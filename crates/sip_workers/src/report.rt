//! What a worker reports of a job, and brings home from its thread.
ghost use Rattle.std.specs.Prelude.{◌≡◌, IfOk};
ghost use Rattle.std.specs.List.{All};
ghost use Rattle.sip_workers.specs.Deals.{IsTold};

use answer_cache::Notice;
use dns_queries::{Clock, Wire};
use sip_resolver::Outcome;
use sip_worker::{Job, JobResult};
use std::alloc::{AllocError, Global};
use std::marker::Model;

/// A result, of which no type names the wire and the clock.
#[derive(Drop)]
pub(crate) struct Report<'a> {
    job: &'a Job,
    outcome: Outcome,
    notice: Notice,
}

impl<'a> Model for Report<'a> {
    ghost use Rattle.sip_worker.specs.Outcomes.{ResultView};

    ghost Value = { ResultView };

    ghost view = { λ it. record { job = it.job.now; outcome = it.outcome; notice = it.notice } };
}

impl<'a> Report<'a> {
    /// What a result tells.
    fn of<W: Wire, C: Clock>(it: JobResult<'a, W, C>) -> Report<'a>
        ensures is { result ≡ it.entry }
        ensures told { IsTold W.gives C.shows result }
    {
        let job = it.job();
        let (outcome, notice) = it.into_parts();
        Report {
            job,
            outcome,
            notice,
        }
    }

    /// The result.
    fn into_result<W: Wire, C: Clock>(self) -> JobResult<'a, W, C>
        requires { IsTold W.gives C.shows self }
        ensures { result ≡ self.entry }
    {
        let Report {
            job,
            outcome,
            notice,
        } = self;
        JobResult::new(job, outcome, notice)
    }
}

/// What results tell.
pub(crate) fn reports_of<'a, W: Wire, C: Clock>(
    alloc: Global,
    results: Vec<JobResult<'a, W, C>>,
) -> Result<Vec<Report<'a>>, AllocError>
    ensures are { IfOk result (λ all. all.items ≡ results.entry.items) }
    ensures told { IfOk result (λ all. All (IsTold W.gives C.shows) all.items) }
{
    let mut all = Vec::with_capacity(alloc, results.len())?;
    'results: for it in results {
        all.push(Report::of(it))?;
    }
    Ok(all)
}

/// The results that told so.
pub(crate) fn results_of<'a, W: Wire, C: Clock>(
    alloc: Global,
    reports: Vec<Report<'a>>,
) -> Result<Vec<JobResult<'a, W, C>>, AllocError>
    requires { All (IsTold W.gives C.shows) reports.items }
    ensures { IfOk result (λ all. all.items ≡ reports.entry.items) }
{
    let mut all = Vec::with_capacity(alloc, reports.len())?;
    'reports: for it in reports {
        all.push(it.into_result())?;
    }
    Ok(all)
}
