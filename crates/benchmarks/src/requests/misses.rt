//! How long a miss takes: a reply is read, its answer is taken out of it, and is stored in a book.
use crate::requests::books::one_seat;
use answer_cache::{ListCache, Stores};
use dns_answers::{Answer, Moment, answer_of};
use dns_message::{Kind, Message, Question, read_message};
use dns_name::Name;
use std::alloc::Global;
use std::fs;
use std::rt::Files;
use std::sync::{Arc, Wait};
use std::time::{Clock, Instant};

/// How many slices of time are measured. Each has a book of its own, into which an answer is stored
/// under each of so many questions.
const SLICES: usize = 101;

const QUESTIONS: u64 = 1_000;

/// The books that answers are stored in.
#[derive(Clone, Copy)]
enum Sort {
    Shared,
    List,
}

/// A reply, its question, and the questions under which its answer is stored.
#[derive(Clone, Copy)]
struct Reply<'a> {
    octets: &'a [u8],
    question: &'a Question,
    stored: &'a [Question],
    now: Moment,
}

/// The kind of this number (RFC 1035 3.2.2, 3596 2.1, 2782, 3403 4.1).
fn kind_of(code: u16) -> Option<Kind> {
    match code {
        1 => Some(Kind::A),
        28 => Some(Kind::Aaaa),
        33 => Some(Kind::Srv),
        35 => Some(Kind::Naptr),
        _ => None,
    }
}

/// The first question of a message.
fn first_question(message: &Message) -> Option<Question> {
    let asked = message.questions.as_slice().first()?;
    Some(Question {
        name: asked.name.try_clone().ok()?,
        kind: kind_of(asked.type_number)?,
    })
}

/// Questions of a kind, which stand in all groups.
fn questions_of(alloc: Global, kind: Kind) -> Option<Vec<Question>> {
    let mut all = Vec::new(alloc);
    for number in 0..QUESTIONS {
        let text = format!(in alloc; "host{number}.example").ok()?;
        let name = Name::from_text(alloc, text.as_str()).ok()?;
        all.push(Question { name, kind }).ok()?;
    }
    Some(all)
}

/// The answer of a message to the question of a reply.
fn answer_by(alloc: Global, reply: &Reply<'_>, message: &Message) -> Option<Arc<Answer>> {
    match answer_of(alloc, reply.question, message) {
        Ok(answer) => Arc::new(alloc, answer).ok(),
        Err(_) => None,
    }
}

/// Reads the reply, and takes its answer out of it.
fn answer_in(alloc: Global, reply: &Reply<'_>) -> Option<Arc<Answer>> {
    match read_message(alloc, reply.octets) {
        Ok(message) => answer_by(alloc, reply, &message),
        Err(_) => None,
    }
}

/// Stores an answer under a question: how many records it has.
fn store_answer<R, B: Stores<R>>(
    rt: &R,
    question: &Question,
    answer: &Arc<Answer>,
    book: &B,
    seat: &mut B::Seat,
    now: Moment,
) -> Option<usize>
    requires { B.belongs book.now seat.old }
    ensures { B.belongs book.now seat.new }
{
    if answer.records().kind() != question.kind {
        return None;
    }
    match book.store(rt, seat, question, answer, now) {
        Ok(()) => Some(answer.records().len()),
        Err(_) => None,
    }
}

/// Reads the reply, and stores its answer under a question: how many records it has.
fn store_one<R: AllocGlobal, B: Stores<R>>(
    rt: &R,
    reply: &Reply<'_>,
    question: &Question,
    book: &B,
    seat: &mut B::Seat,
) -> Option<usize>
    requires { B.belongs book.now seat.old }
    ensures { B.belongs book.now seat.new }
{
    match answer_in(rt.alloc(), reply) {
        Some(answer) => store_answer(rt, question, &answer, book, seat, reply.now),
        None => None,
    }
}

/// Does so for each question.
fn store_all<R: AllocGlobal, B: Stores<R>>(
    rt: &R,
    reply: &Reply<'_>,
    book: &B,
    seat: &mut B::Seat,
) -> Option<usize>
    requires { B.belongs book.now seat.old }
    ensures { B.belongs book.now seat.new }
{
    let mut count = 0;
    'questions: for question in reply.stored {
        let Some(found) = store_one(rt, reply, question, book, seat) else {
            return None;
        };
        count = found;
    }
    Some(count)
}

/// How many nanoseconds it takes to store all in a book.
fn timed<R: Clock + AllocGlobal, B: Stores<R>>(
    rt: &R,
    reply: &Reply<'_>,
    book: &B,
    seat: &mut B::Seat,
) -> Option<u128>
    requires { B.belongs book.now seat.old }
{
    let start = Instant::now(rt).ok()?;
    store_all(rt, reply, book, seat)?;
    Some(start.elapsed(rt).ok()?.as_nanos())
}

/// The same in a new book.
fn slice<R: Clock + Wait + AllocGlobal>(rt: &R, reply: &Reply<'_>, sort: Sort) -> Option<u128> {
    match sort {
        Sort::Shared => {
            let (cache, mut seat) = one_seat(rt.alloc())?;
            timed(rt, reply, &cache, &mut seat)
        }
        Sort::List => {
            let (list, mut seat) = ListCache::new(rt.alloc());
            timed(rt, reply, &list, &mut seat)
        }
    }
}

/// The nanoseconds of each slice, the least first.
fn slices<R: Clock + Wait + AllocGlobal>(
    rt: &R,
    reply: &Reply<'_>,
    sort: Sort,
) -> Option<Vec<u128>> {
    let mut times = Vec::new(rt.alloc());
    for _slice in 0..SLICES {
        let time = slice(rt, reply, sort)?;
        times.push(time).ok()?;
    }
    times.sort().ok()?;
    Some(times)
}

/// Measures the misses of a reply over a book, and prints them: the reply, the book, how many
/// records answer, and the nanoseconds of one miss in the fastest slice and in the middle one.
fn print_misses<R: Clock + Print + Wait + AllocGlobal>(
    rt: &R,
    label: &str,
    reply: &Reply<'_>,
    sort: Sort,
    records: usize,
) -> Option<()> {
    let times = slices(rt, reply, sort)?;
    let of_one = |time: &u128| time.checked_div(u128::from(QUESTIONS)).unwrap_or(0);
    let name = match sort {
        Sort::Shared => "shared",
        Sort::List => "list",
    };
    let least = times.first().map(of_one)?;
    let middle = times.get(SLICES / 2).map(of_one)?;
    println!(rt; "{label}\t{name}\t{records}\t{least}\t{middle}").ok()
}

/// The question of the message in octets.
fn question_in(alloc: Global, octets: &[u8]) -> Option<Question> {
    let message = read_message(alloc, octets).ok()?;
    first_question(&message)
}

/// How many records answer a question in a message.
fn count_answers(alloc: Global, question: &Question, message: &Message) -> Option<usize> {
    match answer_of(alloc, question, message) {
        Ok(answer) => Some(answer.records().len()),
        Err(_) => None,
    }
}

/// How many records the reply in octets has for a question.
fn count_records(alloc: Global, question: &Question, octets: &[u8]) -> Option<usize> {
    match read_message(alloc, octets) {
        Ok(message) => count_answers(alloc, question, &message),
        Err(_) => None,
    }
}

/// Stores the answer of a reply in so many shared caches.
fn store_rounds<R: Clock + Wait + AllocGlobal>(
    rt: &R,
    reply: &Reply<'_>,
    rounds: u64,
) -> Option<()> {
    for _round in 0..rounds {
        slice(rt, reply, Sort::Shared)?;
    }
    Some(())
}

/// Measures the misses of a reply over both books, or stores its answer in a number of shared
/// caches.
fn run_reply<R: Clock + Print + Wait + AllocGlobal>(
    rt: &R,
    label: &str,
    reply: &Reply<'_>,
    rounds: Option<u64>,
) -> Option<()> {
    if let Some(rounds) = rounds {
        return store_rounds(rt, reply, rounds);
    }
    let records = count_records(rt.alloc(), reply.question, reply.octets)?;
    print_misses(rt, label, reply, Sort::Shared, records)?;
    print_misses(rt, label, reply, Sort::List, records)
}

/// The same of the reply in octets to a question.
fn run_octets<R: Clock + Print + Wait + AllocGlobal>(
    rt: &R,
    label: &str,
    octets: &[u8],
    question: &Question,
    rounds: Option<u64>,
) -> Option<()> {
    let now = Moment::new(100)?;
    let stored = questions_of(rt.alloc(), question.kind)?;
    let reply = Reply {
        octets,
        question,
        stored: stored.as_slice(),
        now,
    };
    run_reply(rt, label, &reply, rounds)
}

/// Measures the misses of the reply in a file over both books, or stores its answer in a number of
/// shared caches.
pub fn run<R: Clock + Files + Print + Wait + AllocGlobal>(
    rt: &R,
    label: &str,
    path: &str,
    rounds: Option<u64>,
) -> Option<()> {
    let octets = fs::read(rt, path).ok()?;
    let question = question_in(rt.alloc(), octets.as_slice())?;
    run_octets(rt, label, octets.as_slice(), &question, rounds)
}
━━━━━━━━━━━━━━━━━━━━
- WORK TO BE COMPLETED:
Pick every line of the data that includes the string "shows".

- THE COMPLETED TASK:
        ensures told { IsTold W.gives C.shows result }
        requires { IsTold W.gives C.shows self }
    ensures told { IfOk result (λ all. All (IsTold W.gives C.shows) all.items) }
    requires { All (IsTold W.gives C.shows) reports.items }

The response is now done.